[Stored data entries]

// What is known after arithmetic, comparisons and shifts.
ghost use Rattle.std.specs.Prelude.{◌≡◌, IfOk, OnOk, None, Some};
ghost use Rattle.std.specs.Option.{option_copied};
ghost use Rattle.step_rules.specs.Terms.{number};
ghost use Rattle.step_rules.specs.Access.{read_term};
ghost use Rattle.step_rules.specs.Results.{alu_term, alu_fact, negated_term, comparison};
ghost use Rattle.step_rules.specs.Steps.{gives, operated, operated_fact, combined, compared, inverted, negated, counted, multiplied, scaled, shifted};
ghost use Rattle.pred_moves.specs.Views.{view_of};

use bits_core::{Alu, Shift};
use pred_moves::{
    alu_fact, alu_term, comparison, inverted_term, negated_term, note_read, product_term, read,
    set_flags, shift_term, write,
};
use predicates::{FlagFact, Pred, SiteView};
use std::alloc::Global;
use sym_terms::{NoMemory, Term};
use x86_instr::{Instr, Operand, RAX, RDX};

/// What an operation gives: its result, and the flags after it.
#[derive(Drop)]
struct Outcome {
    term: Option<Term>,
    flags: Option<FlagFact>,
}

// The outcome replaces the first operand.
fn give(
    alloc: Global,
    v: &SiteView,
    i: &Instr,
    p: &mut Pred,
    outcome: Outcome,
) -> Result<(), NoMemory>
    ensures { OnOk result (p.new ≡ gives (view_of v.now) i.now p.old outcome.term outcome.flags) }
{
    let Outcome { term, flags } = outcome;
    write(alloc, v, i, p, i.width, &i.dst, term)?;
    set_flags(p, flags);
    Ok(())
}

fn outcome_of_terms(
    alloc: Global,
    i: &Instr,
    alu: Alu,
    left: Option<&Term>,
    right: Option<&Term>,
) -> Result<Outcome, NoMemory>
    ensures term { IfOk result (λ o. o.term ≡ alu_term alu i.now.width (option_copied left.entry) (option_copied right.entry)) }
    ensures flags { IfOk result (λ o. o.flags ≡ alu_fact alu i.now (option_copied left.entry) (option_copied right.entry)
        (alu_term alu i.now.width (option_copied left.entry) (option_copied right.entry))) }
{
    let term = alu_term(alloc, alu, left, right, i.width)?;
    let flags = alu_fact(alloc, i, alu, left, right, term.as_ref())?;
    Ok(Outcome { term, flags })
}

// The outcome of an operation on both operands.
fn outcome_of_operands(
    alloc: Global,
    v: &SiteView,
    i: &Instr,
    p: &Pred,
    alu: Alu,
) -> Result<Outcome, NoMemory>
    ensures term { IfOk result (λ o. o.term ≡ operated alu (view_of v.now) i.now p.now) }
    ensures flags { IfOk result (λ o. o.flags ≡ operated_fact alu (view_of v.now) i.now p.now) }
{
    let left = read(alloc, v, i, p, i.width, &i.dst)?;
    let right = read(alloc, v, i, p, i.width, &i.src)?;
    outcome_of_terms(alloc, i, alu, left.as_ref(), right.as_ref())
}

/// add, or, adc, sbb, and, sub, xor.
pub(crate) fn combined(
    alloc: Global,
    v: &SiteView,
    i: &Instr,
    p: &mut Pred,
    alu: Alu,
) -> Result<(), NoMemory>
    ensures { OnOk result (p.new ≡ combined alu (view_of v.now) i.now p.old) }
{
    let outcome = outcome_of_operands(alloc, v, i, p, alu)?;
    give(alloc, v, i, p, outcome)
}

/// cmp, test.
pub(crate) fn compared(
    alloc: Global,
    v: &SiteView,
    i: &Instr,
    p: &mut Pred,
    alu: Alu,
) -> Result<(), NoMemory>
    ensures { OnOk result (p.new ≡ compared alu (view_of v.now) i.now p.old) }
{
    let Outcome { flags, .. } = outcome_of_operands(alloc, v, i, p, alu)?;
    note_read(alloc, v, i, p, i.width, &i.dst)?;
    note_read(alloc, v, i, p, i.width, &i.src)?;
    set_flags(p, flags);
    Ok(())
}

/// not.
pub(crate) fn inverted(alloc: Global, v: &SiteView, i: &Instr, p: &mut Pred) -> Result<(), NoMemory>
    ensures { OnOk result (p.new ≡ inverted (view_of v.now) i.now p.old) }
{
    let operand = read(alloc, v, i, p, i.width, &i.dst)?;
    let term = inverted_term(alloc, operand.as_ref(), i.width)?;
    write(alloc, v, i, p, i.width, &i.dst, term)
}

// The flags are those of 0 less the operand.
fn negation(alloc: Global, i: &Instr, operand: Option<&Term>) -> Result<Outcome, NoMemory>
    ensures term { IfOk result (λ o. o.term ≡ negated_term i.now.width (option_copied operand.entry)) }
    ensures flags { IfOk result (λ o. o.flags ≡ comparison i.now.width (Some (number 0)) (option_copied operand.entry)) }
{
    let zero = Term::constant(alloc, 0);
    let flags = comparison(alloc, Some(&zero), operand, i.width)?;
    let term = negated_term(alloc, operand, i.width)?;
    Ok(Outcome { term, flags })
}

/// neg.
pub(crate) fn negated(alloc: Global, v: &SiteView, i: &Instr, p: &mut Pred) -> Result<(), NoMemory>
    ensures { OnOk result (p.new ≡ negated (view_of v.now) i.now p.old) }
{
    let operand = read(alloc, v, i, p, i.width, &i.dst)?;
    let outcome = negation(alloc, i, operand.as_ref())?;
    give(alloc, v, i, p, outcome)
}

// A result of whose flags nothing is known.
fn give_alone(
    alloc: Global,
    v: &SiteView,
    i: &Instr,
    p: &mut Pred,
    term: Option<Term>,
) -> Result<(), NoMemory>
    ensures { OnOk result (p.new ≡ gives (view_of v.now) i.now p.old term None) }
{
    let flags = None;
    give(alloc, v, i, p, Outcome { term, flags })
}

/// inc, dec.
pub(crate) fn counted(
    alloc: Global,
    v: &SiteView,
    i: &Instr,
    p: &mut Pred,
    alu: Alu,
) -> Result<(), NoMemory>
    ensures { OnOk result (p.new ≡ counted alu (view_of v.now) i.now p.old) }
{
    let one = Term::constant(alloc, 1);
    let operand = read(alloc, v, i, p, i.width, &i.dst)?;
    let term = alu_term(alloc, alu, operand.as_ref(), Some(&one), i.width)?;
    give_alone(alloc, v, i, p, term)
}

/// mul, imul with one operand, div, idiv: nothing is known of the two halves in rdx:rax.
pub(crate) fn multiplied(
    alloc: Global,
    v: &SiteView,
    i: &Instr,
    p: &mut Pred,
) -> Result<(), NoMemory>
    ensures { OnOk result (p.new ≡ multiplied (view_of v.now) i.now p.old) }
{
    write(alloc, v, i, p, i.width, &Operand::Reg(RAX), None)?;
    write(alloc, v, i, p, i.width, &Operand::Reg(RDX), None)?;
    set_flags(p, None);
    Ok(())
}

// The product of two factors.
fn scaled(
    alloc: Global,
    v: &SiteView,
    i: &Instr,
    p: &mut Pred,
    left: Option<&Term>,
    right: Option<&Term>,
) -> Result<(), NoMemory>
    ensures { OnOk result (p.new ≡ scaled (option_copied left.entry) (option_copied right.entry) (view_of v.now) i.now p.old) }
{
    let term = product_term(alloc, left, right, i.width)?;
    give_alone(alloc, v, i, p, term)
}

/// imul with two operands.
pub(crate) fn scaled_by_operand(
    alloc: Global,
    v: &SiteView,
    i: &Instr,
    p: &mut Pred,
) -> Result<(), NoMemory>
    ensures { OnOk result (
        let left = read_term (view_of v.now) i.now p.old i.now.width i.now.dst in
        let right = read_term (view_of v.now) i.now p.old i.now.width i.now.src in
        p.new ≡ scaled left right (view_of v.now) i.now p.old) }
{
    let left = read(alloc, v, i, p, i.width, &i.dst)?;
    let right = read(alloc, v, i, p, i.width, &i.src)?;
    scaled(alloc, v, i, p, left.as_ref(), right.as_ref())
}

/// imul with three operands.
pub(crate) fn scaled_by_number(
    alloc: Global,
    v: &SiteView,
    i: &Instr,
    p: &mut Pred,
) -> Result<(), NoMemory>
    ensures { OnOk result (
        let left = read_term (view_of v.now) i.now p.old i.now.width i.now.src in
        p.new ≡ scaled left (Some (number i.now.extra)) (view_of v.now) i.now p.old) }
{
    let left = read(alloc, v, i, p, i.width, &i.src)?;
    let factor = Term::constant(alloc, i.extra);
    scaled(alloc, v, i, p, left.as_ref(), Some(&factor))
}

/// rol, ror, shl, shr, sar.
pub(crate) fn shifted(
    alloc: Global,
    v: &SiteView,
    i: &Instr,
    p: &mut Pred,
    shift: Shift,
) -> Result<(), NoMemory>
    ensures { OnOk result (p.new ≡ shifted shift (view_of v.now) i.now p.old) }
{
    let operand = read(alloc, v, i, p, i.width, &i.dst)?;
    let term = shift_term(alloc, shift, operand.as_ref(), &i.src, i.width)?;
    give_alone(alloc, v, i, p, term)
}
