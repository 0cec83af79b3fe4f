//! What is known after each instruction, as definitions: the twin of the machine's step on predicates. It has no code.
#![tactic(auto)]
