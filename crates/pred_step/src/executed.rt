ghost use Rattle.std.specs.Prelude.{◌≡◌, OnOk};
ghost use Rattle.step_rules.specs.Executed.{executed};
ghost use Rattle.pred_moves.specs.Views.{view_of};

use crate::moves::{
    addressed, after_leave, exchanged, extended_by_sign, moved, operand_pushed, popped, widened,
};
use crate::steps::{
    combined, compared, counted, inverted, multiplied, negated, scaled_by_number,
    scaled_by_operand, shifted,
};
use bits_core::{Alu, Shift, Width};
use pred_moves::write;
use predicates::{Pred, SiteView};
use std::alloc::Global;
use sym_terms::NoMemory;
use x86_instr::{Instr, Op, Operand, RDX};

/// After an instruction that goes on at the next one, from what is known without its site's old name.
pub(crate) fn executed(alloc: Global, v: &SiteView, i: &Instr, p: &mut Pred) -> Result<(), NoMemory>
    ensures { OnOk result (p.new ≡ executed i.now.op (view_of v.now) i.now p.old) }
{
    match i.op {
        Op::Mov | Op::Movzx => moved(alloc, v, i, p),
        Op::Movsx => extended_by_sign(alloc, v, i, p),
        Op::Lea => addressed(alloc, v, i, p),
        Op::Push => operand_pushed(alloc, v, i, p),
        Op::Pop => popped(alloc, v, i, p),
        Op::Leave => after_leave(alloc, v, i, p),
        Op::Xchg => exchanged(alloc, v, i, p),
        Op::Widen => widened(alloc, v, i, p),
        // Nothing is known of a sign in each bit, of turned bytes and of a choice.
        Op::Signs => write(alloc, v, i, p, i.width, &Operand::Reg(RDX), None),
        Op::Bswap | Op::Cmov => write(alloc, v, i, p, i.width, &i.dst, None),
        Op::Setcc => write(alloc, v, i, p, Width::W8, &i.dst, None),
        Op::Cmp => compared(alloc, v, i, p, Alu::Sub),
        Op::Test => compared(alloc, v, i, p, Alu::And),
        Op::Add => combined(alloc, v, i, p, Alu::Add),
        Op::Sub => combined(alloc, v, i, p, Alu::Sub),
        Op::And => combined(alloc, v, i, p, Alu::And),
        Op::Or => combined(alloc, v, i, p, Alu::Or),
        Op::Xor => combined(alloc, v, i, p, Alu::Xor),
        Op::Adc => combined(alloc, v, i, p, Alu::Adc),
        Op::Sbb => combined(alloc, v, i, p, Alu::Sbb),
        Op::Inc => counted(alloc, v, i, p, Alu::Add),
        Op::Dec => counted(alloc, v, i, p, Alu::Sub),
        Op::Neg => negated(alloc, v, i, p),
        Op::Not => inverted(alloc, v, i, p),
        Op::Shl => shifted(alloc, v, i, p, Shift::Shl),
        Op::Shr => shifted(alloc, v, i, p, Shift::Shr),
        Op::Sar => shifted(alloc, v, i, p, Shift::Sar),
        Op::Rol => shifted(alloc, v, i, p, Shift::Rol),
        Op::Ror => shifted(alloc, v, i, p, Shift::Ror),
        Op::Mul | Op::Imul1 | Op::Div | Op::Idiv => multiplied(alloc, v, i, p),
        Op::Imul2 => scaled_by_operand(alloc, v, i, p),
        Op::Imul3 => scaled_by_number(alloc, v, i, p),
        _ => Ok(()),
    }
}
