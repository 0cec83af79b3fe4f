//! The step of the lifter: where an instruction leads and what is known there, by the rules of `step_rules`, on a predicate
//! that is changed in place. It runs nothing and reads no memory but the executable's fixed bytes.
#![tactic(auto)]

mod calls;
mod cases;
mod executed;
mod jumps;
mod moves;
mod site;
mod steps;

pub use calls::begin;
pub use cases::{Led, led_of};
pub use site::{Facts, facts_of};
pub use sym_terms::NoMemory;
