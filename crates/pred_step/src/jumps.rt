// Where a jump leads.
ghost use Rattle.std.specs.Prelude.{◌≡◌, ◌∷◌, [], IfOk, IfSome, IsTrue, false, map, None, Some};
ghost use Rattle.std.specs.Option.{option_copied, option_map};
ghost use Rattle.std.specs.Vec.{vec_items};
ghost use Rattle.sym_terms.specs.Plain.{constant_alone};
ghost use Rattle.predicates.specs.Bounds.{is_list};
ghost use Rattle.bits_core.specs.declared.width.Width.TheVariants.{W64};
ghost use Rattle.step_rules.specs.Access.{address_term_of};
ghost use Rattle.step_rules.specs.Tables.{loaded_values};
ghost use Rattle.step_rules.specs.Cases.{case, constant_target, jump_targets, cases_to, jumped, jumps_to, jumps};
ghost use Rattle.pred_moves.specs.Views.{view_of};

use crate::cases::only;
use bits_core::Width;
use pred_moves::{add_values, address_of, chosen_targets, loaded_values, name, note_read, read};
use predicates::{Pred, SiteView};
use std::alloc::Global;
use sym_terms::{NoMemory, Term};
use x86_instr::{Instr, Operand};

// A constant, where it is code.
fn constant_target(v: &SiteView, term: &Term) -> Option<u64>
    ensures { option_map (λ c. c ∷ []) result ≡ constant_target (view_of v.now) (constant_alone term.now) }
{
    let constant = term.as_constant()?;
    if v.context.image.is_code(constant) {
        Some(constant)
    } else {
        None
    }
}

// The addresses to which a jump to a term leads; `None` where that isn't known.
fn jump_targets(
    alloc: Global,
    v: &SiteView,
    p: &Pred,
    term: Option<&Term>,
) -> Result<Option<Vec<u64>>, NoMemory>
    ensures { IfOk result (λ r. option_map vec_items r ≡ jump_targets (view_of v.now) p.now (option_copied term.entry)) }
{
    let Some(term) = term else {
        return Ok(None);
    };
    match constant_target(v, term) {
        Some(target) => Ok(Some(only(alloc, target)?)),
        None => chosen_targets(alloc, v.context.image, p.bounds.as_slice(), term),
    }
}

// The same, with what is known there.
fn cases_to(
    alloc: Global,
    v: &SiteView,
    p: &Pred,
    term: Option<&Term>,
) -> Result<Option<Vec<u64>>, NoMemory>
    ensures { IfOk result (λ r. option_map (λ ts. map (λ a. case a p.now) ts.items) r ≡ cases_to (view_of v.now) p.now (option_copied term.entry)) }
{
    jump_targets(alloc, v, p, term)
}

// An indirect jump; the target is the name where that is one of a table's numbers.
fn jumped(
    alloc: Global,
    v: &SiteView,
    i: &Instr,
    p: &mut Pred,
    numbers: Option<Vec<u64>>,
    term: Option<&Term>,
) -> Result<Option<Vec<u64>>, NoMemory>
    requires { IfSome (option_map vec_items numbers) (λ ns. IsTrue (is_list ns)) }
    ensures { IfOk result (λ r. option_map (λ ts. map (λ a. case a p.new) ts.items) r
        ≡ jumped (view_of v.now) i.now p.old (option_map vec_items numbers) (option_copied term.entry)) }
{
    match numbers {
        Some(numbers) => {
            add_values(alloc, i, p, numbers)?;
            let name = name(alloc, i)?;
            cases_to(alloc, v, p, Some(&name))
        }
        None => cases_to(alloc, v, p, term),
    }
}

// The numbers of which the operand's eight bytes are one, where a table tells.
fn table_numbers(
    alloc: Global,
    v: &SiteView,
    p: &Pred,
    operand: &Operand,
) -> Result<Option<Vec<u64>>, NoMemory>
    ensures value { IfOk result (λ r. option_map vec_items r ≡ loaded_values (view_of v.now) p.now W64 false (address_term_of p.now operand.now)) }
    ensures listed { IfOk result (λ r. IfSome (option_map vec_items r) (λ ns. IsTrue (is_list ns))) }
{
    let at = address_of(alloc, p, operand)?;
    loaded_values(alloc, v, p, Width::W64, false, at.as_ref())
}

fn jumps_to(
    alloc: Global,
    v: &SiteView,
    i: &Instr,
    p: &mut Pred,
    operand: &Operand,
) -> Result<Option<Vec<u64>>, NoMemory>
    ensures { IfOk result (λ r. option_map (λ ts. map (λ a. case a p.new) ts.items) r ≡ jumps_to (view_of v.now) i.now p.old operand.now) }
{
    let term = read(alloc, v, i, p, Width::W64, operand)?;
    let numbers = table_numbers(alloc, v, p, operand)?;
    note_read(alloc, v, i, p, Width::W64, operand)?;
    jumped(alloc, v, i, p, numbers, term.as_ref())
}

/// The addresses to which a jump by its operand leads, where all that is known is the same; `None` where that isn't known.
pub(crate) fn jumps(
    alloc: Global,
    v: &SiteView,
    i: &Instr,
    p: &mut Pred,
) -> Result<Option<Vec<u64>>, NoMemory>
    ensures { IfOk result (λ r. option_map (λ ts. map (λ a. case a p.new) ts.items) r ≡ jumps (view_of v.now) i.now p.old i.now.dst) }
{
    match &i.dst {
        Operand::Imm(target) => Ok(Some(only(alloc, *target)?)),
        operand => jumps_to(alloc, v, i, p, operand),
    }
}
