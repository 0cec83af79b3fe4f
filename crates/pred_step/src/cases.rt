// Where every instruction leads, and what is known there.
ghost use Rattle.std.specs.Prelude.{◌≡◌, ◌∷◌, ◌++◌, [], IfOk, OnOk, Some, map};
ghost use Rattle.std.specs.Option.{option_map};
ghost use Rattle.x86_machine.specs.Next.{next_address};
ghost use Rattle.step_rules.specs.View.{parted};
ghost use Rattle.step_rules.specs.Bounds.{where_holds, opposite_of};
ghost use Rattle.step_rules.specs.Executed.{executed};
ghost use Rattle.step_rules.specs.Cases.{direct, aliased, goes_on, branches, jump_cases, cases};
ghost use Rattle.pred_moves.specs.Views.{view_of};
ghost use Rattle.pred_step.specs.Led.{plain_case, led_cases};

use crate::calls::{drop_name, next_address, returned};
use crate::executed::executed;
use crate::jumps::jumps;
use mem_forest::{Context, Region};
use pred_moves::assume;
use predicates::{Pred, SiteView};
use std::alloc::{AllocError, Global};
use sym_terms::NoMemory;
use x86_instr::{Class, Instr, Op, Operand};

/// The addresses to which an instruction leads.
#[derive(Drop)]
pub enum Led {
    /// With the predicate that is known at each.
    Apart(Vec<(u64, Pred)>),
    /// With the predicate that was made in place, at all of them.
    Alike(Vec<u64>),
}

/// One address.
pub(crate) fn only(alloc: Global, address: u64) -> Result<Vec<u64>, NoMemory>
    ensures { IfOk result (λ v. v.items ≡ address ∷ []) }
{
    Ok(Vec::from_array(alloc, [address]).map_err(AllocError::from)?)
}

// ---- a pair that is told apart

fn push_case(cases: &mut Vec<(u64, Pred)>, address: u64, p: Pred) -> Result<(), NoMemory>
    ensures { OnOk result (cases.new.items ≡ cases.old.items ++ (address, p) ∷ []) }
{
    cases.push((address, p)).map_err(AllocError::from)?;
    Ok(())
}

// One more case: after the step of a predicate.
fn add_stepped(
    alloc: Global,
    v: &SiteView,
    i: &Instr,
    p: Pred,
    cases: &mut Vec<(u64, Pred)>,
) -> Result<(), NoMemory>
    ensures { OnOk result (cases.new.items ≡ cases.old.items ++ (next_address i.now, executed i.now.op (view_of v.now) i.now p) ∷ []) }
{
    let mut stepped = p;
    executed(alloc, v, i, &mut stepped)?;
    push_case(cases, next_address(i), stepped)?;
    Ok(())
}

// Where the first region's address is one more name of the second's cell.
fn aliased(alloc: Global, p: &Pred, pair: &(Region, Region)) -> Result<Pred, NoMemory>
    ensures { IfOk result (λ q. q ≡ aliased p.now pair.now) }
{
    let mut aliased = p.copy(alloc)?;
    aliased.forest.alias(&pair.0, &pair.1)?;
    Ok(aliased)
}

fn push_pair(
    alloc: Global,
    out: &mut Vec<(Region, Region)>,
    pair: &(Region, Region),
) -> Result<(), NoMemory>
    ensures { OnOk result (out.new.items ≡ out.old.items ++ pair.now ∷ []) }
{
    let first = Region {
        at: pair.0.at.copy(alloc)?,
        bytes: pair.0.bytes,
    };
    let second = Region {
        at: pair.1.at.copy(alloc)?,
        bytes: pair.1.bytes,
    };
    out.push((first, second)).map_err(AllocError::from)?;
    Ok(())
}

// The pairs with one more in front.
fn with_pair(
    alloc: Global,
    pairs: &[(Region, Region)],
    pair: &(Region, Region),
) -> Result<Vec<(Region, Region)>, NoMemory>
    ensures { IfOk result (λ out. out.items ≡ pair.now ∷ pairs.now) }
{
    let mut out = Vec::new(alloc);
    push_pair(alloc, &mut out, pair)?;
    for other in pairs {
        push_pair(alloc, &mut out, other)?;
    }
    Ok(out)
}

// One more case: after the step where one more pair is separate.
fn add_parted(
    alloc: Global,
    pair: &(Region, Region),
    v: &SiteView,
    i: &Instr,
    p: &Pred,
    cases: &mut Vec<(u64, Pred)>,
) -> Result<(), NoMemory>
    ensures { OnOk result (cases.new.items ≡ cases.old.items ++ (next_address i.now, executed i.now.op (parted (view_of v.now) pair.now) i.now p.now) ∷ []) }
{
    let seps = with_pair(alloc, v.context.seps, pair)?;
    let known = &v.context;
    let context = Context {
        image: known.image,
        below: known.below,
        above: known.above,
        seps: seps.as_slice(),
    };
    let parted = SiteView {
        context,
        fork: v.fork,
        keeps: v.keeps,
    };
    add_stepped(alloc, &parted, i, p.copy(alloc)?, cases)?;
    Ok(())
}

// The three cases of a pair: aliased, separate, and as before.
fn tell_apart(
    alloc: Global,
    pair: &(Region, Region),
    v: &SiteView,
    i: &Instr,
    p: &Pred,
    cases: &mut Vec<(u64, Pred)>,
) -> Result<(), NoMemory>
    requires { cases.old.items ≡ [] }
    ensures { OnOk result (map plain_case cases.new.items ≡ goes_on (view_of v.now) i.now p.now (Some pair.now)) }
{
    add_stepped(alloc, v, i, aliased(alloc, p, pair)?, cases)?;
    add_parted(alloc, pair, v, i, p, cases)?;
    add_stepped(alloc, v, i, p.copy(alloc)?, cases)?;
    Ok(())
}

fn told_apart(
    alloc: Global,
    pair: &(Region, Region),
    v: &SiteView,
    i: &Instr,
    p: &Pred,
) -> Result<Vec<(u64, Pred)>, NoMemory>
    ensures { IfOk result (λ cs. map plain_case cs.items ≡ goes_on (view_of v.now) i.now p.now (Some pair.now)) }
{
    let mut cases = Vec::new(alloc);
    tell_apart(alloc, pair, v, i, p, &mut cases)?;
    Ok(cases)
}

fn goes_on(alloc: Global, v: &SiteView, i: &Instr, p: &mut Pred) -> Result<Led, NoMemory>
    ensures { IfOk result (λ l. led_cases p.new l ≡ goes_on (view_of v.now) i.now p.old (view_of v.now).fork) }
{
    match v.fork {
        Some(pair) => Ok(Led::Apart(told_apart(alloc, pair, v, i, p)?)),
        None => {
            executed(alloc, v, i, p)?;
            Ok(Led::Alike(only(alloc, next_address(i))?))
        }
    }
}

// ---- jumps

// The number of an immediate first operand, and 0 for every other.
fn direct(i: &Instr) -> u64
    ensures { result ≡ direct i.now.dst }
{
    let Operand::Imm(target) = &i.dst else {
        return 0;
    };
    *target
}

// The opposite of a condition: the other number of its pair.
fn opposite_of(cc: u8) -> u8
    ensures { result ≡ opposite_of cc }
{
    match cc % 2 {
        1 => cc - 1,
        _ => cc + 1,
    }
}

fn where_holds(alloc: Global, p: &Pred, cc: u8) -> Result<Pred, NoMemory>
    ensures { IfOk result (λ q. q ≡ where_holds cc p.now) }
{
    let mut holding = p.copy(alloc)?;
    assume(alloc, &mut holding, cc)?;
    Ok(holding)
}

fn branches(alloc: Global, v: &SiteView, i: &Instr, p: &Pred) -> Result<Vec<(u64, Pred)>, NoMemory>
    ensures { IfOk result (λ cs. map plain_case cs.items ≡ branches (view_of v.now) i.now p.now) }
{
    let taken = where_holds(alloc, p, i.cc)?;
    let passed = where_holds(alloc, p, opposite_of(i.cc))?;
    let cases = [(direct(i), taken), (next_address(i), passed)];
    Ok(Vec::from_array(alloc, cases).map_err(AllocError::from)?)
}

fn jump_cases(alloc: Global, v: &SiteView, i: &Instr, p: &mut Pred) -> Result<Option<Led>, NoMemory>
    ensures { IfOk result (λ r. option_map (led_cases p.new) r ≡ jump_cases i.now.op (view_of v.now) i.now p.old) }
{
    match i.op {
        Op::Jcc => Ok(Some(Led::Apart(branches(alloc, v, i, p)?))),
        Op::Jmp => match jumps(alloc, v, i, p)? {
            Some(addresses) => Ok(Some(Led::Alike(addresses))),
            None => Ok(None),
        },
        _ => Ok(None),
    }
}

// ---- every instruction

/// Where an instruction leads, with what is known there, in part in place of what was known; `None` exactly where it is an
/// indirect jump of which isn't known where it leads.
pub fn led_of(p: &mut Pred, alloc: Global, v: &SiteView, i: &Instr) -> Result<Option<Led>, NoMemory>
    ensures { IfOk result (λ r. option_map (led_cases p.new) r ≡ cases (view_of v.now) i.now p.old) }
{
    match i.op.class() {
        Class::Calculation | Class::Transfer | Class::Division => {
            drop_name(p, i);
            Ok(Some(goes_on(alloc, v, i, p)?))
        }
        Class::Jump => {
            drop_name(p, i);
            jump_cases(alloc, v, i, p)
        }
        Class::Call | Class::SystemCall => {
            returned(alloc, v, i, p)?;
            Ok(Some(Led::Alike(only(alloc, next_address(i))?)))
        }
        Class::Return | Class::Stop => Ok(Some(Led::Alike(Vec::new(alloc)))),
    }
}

#### Assigned task
For every line above that has "requires" in it, copy the line.

#### Answer to the exercise
    requires { IfSome (option_map vec_items numbers) (λ ns. IsTrue (is_list ns)) }
    requires { cases.old.items ≡ [] }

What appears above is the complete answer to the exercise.